* [About this exercise]:
Filter out every line below that lacks "meant", and copy the rest.

[Recorded data]
== == ==

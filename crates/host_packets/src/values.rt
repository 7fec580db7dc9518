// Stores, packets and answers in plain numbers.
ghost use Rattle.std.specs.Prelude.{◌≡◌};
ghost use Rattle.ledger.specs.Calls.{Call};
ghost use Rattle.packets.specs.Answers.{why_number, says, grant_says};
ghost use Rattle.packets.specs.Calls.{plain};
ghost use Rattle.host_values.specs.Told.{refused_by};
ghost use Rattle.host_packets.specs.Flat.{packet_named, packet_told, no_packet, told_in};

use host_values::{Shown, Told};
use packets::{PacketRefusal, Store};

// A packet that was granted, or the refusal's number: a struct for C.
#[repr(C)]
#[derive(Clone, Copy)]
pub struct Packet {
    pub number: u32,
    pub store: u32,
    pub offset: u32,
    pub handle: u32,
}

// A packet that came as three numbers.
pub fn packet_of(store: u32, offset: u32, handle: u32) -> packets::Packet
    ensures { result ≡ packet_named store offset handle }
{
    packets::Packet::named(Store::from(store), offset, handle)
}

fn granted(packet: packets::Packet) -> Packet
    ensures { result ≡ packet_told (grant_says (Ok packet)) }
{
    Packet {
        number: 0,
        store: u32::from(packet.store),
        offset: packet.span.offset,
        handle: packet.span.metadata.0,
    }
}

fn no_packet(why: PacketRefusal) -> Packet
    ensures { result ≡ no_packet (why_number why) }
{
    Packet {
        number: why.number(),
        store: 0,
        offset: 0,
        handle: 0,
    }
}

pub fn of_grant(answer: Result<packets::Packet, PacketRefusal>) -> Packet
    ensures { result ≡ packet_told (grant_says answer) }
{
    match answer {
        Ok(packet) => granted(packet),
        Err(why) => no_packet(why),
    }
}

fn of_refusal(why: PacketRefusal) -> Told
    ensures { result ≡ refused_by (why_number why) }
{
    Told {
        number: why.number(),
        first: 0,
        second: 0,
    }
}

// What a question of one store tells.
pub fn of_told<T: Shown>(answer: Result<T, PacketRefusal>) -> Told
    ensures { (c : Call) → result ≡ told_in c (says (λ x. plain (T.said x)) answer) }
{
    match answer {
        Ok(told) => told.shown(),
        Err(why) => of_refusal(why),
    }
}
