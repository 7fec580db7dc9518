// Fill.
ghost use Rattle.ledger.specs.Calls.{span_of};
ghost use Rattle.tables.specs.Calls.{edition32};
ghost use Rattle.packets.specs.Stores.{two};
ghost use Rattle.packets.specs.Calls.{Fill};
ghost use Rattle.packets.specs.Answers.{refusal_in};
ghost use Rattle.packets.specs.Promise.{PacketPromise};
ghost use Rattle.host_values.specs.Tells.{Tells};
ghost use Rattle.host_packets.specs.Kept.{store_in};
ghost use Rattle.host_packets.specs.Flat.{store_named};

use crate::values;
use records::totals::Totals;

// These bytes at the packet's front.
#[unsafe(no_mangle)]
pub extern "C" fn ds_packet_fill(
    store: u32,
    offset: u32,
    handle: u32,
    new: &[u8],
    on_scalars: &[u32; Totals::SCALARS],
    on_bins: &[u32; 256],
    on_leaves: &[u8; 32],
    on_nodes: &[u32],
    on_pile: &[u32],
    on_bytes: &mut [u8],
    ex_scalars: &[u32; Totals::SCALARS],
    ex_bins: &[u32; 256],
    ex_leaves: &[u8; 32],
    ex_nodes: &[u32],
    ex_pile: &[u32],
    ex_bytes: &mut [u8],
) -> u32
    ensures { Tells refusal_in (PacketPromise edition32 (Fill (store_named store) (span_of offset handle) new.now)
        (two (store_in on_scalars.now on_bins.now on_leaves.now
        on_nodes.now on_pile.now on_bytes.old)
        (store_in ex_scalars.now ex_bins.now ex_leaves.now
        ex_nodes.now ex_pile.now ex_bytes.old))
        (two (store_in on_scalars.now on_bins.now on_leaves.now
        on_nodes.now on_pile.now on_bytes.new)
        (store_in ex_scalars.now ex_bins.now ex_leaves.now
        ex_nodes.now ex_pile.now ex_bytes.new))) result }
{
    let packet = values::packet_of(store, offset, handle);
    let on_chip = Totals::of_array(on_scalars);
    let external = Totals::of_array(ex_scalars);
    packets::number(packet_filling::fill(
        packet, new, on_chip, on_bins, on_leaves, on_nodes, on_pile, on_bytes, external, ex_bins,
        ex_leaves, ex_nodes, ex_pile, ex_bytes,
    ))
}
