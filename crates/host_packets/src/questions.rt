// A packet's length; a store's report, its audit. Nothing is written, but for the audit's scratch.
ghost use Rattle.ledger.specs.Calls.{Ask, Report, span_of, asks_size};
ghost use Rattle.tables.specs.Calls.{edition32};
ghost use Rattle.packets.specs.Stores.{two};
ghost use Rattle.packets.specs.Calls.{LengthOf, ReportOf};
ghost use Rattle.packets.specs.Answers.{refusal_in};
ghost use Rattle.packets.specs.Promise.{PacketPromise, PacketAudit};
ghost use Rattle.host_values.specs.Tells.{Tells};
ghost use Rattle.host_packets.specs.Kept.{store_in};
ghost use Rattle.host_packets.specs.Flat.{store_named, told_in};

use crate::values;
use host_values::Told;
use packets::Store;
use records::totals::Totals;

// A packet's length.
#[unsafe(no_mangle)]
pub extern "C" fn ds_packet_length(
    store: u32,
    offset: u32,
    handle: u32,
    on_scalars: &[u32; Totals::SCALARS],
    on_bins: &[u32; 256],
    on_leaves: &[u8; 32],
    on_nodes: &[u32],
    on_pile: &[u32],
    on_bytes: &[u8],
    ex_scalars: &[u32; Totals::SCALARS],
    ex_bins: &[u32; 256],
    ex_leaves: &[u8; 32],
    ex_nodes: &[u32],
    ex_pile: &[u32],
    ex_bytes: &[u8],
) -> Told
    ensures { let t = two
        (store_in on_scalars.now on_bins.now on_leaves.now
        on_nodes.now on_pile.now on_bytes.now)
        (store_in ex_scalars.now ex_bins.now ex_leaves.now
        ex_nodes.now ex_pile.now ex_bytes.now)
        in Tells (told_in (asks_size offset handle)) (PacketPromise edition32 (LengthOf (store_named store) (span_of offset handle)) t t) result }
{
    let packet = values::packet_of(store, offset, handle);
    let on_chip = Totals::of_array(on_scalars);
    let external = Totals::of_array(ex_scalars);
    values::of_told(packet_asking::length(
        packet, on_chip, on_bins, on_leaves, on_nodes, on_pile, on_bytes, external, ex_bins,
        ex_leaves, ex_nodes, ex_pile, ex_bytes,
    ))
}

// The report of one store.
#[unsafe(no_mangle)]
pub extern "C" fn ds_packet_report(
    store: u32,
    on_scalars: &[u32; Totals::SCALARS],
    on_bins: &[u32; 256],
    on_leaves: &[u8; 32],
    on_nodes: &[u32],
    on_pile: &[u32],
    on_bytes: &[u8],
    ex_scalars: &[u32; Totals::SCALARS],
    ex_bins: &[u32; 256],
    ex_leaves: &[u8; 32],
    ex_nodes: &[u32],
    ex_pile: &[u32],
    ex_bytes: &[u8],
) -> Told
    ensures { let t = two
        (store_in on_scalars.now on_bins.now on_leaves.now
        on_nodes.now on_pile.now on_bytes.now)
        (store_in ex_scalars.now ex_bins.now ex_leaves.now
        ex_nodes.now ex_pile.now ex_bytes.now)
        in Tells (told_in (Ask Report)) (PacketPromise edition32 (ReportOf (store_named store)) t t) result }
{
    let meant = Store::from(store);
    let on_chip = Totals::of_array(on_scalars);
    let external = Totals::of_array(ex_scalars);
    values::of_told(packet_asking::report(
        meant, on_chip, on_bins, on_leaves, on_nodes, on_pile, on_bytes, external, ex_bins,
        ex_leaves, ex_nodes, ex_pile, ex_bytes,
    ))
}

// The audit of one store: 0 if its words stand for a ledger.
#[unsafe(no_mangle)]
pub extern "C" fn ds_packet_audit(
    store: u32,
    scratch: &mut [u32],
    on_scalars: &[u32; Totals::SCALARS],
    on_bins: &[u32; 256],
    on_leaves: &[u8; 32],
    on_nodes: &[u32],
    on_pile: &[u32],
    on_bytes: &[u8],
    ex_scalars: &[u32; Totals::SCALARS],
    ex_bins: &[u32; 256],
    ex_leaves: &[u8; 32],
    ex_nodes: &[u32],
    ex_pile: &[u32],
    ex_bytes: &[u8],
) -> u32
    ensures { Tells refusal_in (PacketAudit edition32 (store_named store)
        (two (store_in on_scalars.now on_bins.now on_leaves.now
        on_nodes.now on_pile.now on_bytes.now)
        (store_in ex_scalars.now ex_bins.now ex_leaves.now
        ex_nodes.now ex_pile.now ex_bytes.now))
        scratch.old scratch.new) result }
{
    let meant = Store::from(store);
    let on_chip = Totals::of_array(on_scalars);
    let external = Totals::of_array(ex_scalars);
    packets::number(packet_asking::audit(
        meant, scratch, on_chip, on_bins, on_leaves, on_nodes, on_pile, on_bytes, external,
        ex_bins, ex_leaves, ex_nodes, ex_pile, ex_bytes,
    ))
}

== == ==

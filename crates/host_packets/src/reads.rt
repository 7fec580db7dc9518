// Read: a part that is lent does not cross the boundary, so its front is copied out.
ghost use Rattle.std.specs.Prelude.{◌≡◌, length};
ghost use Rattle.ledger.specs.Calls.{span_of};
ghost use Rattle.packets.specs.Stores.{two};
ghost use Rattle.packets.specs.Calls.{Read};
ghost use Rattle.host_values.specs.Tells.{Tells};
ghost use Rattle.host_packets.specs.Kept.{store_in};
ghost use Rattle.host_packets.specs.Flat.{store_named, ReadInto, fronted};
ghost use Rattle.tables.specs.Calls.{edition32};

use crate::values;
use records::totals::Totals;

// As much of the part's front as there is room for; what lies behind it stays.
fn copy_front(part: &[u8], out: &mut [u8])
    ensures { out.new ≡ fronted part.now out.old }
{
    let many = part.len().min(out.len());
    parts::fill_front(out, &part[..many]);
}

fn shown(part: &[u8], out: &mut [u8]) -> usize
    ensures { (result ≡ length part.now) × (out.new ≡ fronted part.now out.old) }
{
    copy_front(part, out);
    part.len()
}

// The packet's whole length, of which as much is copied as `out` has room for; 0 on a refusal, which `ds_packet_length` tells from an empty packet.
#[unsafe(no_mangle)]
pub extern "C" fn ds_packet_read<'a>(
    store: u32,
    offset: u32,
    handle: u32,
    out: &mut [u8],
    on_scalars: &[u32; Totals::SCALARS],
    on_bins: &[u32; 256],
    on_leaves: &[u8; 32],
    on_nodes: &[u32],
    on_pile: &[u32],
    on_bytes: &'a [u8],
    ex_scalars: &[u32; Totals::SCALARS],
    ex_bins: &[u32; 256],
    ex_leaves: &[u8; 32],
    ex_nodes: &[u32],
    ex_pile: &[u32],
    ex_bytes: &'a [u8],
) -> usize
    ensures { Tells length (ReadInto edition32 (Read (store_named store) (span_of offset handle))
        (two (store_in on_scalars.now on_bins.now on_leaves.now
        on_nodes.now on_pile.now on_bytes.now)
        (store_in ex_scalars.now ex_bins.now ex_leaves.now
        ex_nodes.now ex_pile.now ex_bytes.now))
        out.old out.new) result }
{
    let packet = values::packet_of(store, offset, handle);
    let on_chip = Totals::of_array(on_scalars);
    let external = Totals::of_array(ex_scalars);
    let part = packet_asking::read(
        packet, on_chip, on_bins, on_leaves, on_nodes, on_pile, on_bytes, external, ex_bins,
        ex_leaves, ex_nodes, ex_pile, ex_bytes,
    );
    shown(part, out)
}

== == ==

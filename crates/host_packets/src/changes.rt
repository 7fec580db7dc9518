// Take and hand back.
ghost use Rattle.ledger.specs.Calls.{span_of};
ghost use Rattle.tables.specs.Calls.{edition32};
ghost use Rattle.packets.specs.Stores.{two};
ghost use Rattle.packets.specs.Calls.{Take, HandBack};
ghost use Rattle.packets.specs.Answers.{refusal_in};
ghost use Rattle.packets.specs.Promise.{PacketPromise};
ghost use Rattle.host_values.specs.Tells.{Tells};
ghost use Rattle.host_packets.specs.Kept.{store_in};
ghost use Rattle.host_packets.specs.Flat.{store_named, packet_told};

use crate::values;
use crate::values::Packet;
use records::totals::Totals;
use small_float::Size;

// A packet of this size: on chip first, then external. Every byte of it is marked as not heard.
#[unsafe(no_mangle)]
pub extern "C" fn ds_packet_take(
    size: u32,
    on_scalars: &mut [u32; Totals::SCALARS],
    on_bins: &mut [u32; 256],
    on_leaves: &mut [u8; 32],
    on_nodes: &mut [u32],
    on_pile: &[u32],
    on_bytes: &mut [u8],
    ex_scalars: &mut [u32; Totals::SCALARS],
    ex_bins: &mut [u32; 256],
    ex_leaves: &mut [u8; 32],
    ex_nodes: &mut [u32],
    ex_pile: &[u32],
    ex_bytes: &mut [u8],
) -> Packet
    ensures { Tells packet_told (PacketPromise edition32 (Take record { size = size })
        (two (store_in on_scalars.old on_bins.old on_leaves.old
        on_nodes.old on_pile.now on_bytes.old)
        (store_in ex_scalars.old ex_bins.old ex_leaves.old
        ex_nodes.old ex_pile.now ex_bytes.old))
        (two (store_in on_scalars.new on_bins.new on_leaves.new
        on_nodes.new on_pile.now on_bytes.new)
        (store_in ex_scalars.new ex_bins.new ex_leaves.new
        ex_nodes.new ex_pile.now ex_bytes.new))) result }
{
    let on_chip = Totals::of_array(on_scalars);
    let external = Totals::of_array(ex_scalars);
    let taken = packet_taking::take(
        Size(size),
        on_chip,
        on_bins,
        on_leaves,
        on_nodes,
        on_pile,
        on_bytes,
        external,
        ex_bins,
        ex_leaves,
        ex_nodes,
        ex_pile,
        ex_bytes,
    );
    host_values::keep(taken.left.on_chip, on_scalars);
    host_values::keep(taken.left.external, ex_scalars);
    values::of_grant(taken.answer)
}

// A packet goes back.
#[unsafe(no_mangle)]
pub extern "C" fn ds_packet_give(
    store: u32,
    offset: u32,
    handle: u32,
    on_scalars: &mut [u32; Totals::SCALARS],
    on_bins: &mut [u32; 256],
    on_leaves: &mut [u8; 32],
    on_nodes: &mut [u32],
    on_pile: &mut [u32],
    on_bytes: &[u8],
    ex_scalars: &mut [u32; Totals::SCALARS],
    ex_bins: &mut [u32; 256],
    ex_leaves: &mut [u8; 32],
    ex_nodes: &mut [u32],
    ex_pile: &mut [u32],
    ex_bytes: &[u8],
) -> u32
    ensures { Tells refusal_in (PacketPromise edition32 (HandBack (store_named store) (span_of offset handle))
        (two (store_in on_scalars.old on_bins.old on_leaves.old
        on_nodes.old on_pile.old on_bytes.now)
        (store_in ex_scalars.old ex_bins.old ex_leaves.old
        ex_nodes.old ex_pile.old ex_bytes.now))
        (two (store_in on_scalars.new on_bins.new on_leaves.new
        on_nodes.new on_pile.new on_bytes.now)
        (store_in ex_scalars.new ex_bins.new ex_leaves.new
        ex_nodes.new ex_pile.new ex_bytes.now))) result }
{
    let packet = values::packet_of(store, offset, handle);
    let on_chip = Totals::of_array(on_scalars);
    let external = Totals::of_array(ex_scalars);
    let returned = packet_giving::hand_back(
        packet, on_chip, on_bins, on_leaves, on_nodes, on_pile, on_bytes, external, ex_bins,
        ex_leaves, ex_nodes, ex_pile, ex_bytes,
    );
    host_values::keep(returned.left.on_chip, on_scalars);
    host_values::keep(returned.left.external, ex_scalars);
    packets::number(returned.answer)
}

== == ==

* [Output for this task]:
    let meant = Store::from(store);
        meant, on_chip, on_bins, on_leaves, on_nodes, on_pile, on_bytes, external, ex_bins,
    let meant = Store::from(store);
        meant, scratch, on_chip, on_bins, on_leaves, on_nodes, on_pile, on_bytes, external,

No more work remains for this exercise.